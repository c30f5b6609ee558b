//! The authorizations of a holder, as rows of the table `claim`, and their entries, as rows of the
//! table `entry`.
ghost use Rattle.std.proofs.Common.{append-nil, append_assoc};
ghost use Rattle.std.specs.Prelude.{◌≡◌, true, [], ◌∷◌, map};
ghost use Rattle.registry.specs.declared.change.Edit.TheVariants.{Withdraw, Amend};
ghost use Rattle.registry.specs.Rows.{edited};
ghost use Rattle.store_tables.specs.Cells.{claim_row, entry_row};
ghost use Rattle.store_tables.specs.Groups.{claim_entry};
ghost use Rattle.store_tables.specs.TablesHold.{claim_part, entry_part};
ghost use Rattle.store_write.specs.steps.RowEdits.{with_auths, without_auths};
ghost use Rattle.sqlite.specs.Values.{bound};
ghost use Rattle.store_transactions.specs.Statements.{IsReady, OnCleanDisk, StaysInside, IfDone, IfAnswered};
ghost use Rattle.store_transactions.specs.steps.Statements.{PutsRows};
ghost use Rattle.store_write.specs.steps.Statements.{IfEdited, IsExecutedOn};

use crate::row::HolderRow;
use addr::{Name, RoaPrefix};
use registry::Auth;
use sqlite::types::ValueRef;
use sqlite::{Alter, Error, Transaction};
use store_tables::{
    Claim, DELETE_CLAIM, DELETE_ENTRIES, EntryRow, INSERT_CLAIM, INSERT_ENTRY, UPDATE_CLAIM,
    address_bytes, claim_of, claim_values, entry_row_of, entry_values, number_values,
};
use store_transactions::execute;

/// Puts an authorization without its entries.
#[tactic(auto, using(crate::proofs::AuthSteps::puts_claim))]
fn put_claim<S: Alter>(
    tx: &mut Transaction<'_, S>,
    holder: &Name,
    claim: &Claim,
) -> Result<(), Error>
    requires { OnCleanDisk S.Store IsReady tx.old }
    ensures done { IfDone S.Store result
        (PutsRows claim_part.tree (claim_row holder.now claim.now ∷ [])) tx.old tx.new }
    ensures inside { StaysInside S.Store tx.old tx.new }
{
    execute(tx, INSERT_CLAIM, &claim_values(holder, claim))
}

/// Puts an entry of an authorization.
#[tactic(auto, using(crate::proofs::AuthSteps::puts_entry))]
fn put_entry<S: Alter>(
    tx: &mut Transaction<'_, S>,
    holder: &Name,
    row: &EntryRow,
) -> Result<(), Error>
    requires { OnCleanDisk S.Store IsReady tx.old }
    ensures done { IfDone S.Store result
        (PutsRows entry_part.tree (entry_row holder.now row.now ∷ [])) tx.old tx.new }
    ensures inside { StaysInside S.Store tx.old tx.new }
{
    let first = address_bytes(row.entry.prefix.first);
    execute(tx, INSERT_ENTRY, &entry_values(holder, row, &first))
}

/// Puts the entries of an authorization.
fn put_entries<S: Alter>(
    tx: &mut Transaction<'_, S>,
    holder: &Name,
    claim: &Claim,
    entries: &[RoaPrefix],
) -> Result<(), Error>
    requires { OnCleanDisk S.Store IsReady tx.old }
    ensures done { IfDone S.Store result (PutsRows entry_part.tree
        (map (entry_row holder.now) (map (claim_entry claim.now) entries.now))) tx.old tx.new }
    ensures inside { StaysInside S.Store tx.old tx.new }
{
    for entry in entries {
        put_entry(tx, holder, &entry_row_of(claim, *entry))?;
    }
    Ok(())
}

impl HolderRow for Auth {
    ghost added = { with_auths };

    ghost none_added = { λ r i. record r { auths = append-nil r.auths i } };

    ghost one_more_added = { λ xs x r i.
        record r { auths = append_assoc r.auths xs (x ∷ []) i } };

    fn put<S: Alter>(&self, tx: &mut Transaction<'_, S>, holder: &Name) -> Result<(), Error> {
        let claim = claim_of(self);
        put_claim(tx, holder, &claim)?;
        put_entries(tx, holder, &claim, self.entries.as_slice())
    }
}

/// Executes a statement that shows no rows, and counts those that it changes.
fn execute_counting<S: Alter>(
    tx: &mut Transaction<'_, S>,
    sql: &str,
    values: &[ValueRef<'_>],
) -> Result<usize, Error>
    requires { OnCleanDisk S.Store (λ s. s.in_transaction ≡ true) tx.old }
    ensures ran { IfAnswered S.Store result
        (IsExecutedOn sql.now (bound values.now)) tx.old tx.new }
    ensures inside { StaysInside S.Store tx.old tx.new }
{
    tx.execute(sql, values)
}

/// Replaces the authorization of the same number, if there is one. The two may have different
/// entries, so those of the old one are deleted.
pub(crate) fn amend_auth<S: Alter>(
    tx: &mut Transaction<'_, S>,
    holder: &Name,
    auth: &Auth,
) -> Result<(), Error>
    requires { OnCleanDisk S.Store IsReady tx.old }
    ensures done { IfEdited S.Store result holder.now (edited (Amend auth.now)) tx.old tx.new }
    ensures inside { StaysInside S.Store tx.old tx.new }
{
    store_transactions::laws::claims_differ();
    let claim = claim_of(auth);
    let entries = auth.entries.as_slice();
    execute(tx, DELETE_ENTRIES, &number_values(holder, auth.number))?;
    let amended = execute_counting(tx, UPDATE_CLAIM, &claim_values(holder, &claim))?;
    if amended == 0 {
        return Ok(());
    }
    put_entries(tx, holder, &claim, entries)
}

/// Deletes the authorization of this number, if there is one. Its entries go first, since they name
/// it.
pub(crate) fn take_auth<S: Alter>(
    tx: &mut Transaction<'_, S>,
    holder: &Name,
    number: u32,
) -> Result<(), Error>
    requires { OnCleanDisk S.Store IsReady tx.old }
    ensures done { IfEdited S.Store result holder.now (edited (Withdraw number)) tx.old tx.new }
    ensures inside { StaysInside S.Store tx.old tx.new }
{
    execute(tx, DELETE_ENTRIES, &number_values(holder, number))?;
    execute(tx, DELETE_CLAIM, &number_values(holder, number))
}

/// Deletes the authorizations of these numbers.
pub(crate) fn take_auths<S: Alter>(
    tx: &mut Transaction<'_, S>,
    holder: &Name,
    numbers: &[u32],
) -> Result<(), Error>
    requires { OnCleanDisk S.Store IsReady tx.old }
    ensures done { IfEdited S.Store result holder.now (without_auths numbers.now) tx.old tx.new }
    ensures inside { StaysInside S.Store tx.old tx.new }
{
    for number in numbers {
        take_auth(tx, holder, *number)?;
    }
    Ok(())
}
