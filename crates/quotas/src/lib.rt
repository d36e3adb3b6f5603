// Theorems on quotas: no code.
#![tactic(auto)]
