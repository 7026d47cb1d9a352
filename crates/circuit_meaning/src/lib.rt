//! The meaning of a circuit: the values of its signals by full forward simulation, their cells, and the points that a query needs.
//!
//! The contracts of other crates promise what is defined here. The definitions stand in `specs/`, to be read in this order:
//!
//! - `Edges`: the edges of clocks, and the one that a flip-flop shows at a time;
//! - `Circuit`: what drives each signal (an input with its settings, a gate with a delay for each pin, a flip-flop with a clock), when
//!   drivers make a circuit, and the limits within which the program accepts one;
//! - `Forward`: the rows of values for the times 0 to the horizon, each made from the earlier rows. Delays are transport delays: even the
//!   shortest pulse passes. A signal's waveform is the list of its maximal runs;
//! - `Cells`: the interval around a time in which a signal keeps its value for the same cause;
//! - `Base`: the points that need no evaluation; every other point is evaluable;
//! - `Need`: the children of a point, the roots of a query, the points that it needs, and the fan-in cone of a signal;
//! - `Looks`: what a point looks at, in one form for gates and flip-flops;
//! - `Forced`: a circuit with one signal forced to a value, and the signals that are free of it;
//! - `Laws`: theorems on these definitions.
//!
//! The root file has small structs, which are the records of the definitions, and functions without a body, each with a law as its
//! contract. The laws are proved here, and other crates cite them. `src/flip_flop.rt` computes which edge a flip-flop shows, and how long.
//! The definitions recur on time over every earlier row, but no program has to compute these rows. `reference_simulator` is a plain program
//! whose contract is the value defined here.
//!
//! ```
//! let pin = Pin { signal: 0, delay: 3 };
//! let window = Window { signal: 1, start: 0, stop: 11 };
//! ```
#![tactic(auto)]

ghost use Rattle.circuit_meaning.specs.Laws.{ValuesFollow, SpansFollow, ForwardHolds, OnlyInputsShowZ, CellsCover, CellsAreSteady, BaseAnswersAreCells};
ghost use Rattle.circuit_meaning.specs.Laws.{ChildrenAreEarlier, NeededAreInCone, RootsReach, NeededAlone, NeedIsClosed, PartsNeedNoMore};
ghost use Rattle.circuit_meaning.specs.Laws.{WavesAreChanges, WavesAreMaximal, WavesGrowByCells, CellsFixWaves};
ghost use Rattle.circuit_meaning.specs.Looks.{ChildrenAreLooked};
ghost use Rattle.circuit_meaning.specs.Forced.{FreeAreAlike, FreeNeedIsNeeded, ForcedNeedIsClosed};
ghost use Rattle.circuit_meaning.specs.Circuit.{Circuit};
ghost use Rattle.std.specs.Prelude.{ℕ};

mod flip_flop;

pub use flip_flop::{Clock, edges_are_last, flop_span, last_edge};
use gate_values::Value;

/// A setting: the input has this value from this time until its next setting.
#[derive(Clone, Copy, Debug, PartialEq, Eq)]
pub struct Setting {
    pub time: u32,
    pub value: Value,
}

/// A pin of a gate: the signal that it reads, and its delay.
#[derive(Clone, Copy, Debug, PartialEq, Eq)]
pub struct Pin {
    pub signal: u32,
    pub delay: u32,
}

/// A flip-flop: after a delay, it shows its pin at the last edge of its clock.
#[derive(Clone, Copy, Debug, PartialEq, Eq)]
pub struct FlipFlop {
    pub pin: u32,
    pub delay: u32,
    pub clock: Option<Clock>,
    pub initial: Value,
}

/// A query's window: a signal, and the times `[start, stop)`.
#[derive(Clone, Copy, Debug, PartialEq, Eq)]
pub struct Window {
    pub signal: u32,
    pub start: u32,
    pub stop: u32,
}

/// A maximal run of a waveform: the signal has this value from this time on.
#[derive(Clone, Copy, Debug, PartialEq, Eq)]
pub struct Run {
    pub time: u32,
    pub value: Value,
}

/// The driver gives each value from the values of earlier times, and each interval from earlier intervals.
pub fn values_follow()
    ensures values { ValuesFollow }
    ensures spans { SpansFollow }
{}

/// The values are those of the rows of the forward simulation.
pub fn forward_holds()
    ensures { ForwardHolds }
{}

/// No gate and no flip-flop ever has the value z.
pub fn only_inputs_show_z()
    ensures { OnlyInputsShowZ }
{}

/// Each time up to the horizon is in its own cell, and no cell ends later than just after the horizon. By this law and
/// [`cells_are_steady`], the cells of a signal partition the simulated time.
pub fn cells_cover()
    ensures { CellsCover }
{}

/// The value, the cell and the looked pins are the same at all times of a cell.
pub fn cells_are_steady()
    ensures { CellsAreSteady }
{}

/// A base answer is the cell. It exists exactly when the point is not evaluable.
pub fn base_answers_are_cells()
    ensures { BaseAnswersAreCells }
{}

/// A child's time is less than its parent's, so every demand ends.
pub fn children_are_earlier()
    ensures { ChildrenAreEarlier }
{}

/// The children of a point are the points that its looked pins read, in their order.
pub fn children_are_looked()
    ensures { ChildrenAreLooked }
{}

/// The points that a query needs are of signals in the fan-in cone of the query's signal.
pub fn needed_are_in_cone()
    ensures { NeededAreInCone }
{}

/// The points that a query needs are closed under evaluable children.
pub fn need_is_closed()
    ensures { NeedIsClosed }
{}

/// Each time of a query's window is in the cell of a root.
pub fn roots_reach()
    ensures { RootsReach }
{}

/// If a query needs a point, it needs all that a query for that point needs.
pub fn needed_alone()
    ensures { NeededAlone }
{}

/// A query needs all that a part of its window needs, if the part begins at a root.
pub fn parts_need_no_more()
    ensures { PartsNeedNoMore }
{}

/// A waveform is its first run and the changes after it. Its times ascend, and consecutive values differ.
pub fn waves_are_changes()
    ensures changes { (c : Circuit) (s : ℕ) → WavesAreChanges c s }
    ensures maximal { WavesAreMaximal }
{}

/// The cells of the roots determine the waveform of a window. Walked from cell to cell, it gets a run at its start and at each time whose
/// value differs from the value just before, and no other run.
pub fn cells_fix_waves()
    ensures grows { WavesGrowByCells }
    ensures whole { CellsFixWaves }
{}

/// A signal is free of a forced signal that is not in its fan-in cone. Free signals have the same values, cells, looked pins and children
/// in both circuits.
pub fn free_are_alike()
    ensures { FreeAreAlike }
{}

/// If a query for a free signal needs a point, it needs the point in the forced circuit too. The free points that a query needs in the
/// forced circuit are closed under children in the original one, so the memo of the original circuit may answer them.
pub fn free_need_is_needed()
    ensures held { FreeNeedIsNeeded }
    ensures closed { ForcedNeedIsClosed }
{}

Aim of the task:
Find each line in the listing above that contains "Alter", and copy that line.

Response:
use sqlite::{Alter, Error, Transaction};
fn put_claim<S: Alter>(
fn put_entry<S: Alter>(
fn put_entries<S: Alter>(
    fn put<S: Alter>(&self, tx: &mut Transaction<'_, S>, holder: &Name) -> Result<(), Error> {
fn execute_counting<S: Alter>(
pub(crate) fn amend_auth<S: Alter>(
pub(crate) fn take_auth<S: Alter>(
pub(crate) fn take_auths<S: Alter>(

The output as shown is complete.